• **What you are asked to do**
What is needed is a copy of each line in the listing that contains "sides".

*** Block opens ***

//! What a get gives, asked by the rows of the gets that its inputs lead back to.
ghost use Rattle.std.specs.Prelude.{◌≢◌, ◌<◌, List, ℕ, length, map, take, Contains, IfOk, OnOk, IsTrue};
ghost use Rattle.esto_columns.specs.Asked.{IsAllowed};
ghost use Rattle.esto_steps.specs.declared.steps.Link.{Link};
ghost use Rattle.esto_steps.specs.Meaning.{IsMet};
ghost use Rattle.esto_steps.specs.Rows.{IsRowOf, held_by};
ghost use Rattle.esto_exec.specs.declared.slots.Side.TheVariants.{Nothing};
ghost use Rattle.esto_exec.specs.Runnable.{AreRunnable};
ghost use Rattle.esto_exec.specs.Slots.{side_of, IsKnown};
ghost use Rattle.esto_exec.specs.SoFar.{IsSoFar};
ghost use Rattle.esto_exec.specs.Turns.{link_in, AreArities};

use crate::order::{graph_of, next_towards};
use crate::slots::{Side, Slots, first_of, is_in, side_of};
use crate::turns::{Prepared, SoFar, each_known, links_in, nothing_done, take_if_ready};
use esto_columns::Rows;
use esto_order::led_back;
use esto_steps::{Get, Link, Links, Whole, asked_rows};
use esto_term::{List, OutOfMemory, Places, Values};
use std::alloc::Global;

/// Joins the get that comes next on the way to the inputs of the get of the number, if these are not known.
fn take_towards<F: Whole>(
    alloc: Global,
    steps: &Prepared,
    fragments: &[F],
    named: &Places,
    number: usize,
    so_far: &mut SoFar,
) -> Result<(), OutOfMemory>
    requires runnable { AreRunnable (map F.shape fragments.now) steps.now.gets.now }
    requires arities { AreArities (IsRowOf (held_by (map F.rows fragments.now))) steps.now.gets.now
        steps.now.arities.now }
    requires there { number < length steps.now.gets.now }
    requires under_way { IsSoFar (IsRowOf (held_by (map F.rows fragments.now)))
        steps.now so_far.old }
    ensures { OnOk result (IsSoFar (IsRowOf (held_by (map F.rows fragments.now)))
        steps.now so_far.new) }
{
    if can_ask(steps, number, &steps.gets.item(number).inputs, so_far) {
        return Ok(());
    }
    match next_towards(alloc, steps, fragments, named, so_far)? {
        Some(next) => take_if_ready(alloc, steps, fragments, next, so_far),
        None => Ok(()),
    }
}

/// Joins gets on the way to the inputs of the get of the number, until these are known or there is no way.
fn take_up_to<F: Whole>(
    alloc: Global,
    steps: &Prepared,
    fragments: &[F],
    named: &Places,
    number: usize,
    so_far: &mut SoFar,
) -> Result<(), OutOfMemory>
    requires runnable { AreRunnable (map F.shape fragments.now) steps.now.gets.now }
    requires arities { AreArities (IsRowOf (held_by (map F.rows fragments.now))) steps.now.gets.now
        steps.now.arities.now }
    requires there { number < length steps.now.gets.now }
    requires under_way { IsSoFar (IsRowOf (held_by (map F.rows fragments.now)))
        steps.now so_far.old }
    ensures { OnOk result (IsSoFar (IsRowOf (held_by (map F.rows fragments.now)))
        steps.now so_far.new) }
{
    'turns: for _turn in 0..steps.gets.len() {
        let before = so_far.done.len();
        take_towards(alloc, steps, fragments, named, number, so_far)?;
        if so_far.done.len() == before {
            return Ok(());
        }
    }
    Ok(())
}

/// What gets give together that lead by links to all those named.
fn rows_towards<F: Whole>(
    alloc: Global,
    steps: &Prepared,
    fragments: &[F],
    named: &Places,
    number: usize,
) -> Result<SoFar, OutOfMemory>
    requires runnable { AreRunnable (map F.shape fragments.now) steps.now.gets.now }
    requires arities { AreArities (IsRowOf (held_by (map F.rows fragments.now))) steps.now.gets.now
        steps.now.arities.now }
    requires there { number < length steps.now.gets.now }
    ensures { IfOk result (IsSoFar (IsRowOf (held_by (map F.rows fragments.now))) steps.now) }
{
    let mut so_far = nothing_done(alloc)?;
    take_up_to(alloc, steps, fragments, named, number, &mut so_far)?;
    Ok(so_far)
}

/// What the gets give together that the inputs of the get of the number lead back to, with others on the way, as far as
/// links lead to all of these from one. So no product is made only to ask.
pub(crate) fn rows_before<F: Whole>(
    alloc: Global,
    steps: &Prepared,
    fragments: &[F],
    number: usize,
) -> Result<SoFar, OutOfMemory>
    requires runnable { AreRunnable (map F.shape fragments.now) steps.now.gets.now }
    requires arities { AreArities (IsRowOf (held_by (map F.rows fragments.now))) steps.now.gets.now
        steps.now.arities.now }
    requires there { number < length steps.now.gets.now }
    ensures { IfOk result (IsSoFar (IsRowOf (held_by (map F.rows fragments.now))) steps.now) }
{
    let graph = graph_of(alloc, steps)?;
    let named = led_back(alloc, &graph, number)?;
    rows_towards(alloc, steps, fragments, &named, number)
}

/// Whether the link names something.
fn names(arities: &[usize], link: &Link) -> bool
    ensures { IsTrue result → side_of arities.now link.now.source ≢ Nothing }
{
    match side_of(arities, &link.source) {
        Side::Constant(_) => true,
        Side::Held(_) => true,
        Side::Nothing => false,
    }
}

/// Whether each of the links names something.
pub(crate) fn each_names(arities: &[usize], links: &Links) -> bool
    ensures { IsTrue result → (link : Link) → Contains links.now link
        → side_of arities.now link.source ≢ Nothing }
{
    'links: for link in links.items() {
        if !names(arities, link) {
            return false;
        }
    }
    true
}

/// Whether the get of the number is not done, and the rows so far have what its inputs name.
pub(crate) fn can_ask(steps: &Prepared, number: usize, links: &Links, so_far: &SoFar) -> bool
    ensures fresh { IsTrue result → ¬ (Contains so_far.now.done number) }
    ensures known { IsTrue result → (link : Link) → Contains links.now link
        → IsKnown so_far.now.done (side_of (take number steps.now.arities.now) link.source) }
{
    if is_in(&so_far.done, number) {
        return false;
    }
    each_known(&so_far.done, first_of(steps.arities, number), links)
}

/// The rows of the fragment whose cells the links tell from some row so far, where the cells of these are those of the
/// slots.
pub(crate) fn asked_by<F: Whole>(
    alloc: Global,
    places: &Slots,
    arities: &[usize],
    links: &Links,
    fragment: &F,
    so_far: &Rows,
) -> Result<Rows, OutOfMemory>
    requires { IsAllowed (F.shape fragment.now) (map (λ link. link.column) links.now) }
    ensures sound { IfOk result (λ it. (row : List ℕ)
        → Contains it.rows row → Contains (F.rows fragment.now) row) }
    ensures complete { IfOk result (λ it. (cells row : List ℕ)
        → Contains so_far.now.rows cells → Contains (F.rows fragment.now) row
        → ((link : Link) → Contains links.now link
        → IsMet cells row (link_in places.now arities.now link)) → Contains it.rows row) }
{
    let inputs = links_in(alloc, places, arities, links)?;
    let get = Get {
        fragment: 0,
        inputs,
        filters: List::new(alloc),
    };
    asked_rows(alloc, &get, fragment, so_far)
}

*** Block closes ***
*** Block opens ***

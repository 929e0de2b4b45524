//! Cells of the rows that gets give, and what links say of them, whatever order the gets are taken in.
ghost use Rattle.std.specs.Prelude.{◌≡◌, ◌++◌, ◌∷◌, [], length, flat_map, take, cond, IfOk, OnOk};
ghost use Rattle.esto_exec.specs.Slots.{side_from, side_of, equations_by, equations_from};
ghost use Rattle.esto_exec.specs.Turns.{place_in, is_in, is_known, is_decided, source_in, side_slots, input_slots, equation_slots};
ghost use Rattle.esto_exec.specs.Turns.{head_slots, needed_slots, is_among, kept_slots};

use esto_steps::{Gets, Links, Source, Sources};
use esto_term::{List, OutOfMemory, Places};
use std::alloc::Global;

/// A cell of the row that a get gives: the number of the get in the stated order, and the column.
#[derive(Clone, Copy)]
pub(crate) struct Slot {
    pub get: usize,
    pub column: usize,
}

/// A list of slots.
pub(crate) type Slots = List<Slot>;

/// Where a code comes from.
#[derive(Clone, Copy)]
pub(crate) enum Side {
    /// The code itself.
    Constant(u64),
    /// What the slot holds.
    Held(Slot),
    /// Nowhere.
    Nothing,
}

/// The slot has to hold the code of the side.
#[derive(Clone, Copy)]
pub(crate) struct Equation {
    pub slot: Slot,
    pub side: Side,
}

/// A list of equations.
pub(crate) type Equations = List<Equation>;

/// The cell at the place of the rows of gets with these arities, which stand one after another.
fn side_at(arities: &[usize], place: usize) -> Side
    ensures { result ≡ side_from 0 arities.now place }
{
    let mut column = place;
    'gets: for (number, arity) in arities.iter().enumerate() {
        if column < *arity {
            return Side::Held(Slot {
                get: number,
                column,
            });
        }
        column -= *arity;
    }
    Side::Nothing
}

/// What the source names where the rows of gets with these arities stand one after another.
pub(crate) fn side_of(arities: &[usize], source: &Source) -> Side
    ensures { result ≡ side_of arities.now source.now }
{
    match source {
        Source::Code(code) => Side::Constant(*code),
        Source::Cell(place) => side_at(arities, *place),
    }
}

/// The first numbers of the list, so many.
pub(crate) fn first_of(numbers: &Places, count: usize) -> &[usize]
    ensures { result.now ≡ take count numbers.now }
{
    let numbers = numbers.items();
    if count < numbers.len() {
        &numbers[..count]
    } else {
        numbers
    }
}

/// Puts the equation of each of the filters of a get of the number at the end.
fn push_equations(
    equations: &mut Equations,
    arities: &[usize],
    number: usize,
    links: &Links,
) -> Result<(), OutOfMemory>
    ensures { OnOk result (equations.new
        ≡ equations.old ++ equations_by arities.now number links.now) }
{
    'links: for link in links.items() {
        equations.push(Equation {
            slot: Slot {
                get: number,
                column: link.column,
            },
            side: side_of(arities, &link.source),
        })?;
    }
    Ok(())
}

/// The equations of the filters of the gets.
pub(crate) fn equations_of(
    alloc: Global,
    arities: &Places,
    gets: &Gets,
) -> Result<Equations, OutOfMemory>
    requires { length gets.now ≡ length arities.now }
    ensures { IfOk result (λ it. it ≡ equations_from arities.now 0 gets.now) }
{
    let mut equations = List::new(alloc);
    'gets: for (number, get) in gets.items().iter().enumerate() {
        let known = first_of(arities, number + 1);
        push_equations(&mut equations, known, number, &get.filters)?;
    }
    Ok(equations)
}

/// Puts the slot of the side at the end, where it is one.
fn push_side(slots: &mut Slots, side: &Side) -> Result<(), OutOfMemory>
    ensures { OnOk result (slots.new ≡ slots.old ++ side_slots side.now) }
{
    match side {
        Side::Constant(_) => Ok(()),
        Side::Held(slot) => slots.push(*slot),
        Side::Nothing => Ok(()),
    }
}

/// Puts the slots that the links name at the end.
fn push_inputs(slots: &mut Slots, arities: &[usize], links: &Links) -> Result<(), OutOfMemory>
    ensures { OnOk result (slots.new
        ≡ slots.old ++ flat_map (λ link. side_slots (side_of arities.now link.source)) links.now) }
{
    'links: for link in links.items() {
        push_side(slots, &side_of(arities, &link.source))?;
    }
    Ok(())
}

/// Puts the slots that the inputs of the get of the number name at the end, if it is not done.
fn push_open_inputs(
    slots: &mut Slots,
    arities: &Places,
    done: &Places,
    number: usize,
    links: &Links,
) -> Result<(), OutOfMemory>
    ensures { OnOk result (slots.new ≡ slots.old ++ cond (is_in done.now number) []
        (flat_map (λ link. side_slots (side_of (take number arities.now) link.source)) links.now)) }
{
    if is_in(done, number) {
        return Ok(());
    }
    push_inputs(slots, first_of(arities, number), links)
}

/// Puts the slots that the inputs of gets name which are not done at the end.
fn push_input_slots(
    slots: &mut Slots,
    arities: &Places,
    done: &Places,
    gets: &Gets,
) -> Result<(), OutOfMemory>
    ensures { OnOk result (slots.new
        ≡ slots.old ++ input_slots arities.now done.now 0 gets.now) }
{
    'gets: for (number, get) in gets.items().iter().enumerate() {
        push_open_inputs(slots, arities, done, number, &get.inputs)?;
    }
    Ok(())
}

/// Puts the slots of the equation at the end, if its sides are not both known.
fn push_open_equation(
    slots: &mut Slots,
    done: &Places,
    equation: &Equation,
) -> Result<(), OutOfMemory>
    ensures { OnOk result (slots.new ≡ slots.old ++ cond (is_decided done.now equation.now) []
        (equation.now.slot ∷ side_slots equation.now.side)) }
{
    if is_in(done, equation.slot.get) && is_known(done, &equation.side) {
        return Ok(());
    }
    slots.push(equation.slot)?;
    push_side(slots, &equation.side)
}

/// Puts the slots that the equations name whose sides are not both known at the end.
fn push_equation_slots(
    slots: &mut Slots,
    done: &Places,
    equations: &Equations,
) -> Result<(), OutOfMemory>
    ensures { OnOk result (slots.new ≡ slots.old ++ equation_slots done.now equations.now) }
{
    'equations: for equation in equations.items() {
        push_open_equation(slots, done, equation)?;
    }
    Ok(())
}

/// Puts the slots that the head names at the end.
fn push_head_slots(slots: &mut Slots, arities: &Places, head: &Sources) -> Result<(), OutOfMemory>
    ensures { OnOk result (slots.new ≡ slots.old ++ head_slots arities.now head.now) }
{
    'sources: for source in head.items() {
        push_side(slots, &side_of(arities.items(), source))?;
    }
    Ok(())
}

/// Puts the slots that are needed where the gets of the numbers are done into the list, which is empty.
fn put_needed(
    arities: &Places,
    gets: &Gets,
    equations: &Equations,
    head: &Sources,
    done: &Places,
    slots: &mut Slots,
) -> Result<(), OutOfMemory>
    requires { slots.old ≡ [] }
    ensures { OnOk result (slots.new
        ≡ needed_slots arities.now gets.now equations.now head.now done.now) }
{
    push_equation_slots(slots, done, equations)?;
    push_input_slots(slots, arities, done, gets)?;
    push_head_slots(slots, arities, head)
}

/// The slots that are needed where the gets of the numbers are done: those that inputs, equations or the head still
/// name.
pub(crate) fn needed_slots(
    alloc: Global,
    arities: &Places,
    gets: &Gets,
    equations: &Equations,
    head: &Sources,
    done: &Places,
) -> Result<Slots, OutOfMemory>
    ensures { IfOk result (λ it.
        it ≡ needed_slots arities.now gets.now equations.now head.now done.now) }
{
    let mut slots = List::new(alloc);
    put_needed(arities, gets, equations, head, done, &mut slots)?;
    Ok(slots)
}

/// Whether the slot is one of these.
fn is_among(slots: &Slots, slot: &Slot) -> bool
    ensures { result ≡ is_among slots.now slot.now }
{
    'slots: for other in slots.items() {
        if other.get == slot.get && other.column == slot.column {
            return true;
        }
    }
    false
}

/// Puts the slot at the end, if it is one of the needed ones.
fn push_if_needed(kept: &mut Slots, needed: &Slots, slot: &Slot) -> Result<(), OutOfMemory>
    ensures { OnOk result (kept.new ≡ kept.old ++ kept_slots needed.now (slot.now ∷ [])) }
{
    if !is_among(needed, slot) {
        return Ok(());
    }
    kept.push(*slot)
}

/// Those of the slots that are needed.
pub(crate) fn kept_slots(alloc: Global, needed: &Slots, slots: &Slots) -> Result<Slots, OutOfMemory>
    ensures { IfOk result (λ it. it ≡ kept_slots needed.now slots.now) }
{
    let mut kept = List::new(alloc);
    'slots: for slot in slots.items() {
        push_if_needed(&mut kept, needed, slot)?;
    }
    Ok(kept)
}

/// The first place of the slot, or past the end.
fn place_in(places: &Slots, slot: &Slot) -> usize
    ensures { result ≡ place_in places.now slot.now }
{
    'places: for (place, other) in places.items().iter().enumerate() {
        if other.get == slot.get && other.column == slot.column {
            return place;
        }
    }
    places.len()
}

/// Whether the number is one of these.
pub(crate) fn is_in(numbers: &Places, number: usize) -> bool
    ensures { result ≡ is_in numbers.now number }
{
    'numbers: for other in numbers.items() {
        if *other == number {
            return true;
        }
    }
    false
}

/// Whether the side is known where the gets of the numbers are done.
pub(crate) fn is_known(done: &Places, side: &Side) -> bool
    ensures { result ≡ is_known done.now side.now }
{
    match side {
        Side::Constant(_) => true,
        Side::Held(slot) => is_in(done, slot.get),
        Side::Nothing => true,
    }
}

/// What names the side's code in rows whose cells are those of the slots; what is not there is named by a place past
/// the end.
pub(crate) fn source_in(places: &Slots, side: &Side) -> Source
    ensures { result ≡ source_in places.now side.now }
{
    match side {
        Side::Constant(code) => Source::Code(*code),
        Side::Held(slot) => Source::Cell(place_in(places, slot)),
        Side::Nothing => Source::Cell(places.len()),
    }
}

*** Block closes ***
*** Block opens ***

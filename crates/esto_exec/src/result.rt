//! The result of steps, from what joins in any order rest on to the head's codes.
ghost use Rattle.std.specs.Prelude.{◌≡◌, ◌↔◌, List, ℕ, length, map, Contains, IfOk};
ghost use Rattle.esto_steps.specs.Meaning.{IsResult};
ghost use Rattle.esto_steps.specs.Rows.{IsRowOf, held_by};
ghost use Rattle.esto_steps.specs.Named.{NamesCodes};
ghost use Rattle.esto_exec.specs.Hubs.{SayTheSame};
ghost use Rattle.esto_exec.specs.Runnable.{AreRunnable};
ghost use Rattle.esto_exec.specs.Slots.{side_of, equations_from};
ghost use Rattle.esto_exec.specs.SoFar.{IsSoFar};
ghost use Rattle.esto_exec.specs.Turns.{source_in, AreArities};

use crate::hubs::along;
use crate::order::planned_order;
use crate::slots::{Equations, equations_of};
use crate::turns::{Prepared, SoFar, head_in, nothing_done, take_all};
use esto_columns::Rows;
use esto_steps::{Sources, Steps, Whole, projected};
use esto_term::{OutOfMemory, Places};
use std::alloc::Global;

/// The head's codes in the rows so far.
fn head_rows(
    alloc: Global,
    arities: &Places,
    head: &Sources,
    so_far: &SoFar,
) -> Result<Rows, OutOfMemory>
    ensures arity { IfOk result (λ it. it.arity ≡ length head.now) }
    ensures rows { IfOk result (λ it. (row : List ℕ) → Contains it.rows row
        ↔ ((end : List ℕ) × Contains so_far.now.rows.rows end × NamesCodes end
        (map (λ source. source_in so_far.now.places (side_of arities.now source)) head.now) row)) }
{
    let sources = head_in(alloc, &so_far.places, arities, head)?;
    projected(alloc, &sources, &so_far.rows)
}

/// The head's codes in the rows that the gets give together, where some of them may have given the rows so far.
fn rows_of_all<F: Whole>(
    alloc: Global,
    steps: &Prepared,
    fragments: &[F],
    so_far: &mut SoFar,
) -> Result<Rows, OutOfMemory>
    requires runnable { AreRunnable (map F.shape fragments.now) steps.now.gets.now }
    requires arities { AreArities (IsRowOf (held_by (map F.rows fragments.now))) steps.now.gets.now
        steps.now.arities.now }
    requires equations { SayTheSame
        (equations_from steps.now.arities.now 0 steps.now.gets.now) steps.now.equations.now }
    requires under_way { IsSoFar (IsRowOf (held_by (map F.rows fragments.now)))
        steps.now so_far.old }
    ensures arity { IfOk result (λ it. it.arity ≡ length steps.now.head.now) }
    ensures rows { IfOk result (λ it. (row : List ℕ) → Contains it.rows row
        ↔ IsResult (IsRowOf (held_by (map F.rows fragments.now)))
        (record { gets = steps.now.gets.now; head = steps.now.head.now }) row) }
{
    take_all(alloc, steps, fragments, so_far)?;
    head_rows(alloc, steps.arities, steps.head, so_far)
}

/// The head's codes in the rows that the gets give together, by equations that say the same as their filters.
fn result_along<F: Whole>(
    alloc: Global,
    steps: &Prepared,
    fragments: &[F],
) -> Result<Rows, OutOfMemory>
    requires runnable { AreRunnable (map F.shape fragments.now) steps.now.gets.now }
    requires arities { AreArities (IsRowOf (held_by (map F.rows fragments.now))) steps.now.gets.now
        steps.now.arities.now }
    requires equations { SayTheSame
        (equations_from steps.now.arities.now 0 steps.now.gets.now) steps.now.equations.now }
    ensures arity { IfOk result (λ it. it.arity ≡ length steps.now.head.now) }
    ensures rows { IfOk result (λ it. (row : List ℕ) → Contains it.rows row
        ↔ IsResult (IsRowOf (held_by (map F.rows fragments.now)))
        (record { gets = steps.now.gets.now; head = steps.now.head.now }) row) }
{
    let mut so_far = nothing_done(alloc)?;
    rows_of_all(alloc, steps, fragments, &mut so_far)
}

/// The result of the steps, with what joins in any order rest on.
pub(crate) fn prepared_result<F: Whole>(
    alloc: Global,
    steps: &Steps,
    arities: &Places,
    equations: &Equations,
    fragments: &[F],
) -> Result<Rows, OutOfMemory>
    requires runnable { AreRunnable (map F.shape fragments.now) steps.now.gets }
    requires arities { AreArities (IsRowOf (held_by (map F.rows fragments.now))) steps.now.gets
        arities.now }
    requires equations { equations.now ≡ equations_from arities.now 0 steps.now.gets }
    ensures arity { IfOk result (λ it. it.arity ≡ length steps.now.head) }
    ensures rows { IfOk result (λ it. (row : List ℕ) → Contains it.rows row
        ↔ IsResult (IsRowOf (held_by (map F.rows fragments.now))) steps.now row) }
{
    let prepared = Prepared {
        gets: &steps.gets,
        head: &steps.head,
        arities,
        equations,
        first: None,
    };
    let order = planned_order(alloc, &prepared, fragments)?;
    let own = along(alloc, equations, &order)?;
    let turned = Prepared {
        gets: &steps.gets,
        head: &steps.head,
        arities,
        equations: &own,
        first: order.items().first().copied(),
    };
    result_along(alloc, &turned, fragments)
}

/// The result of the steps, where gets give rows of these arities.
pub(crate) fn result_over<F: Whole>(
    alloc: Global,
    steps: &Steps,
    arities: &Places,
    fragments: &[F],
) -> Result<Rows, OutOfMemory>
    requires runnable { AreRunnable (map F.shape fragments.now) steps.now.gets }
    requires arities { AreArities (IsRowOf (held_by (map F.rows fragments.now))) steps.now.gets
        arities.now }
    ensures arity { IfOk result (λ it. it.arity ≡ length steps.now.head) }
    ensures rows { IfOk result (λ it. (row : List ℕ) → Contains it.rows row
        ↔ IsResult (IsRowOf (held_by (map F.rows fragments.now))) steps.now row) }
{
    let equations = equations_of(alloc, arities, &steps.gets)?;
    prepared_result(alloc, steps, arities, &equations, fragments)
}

*** Block closes ***

• **Your response**
/// Puts the slots of the equation at the end, if its sides are not both known.
/// Puts the slots that the equations name whose sides are not both known at the end.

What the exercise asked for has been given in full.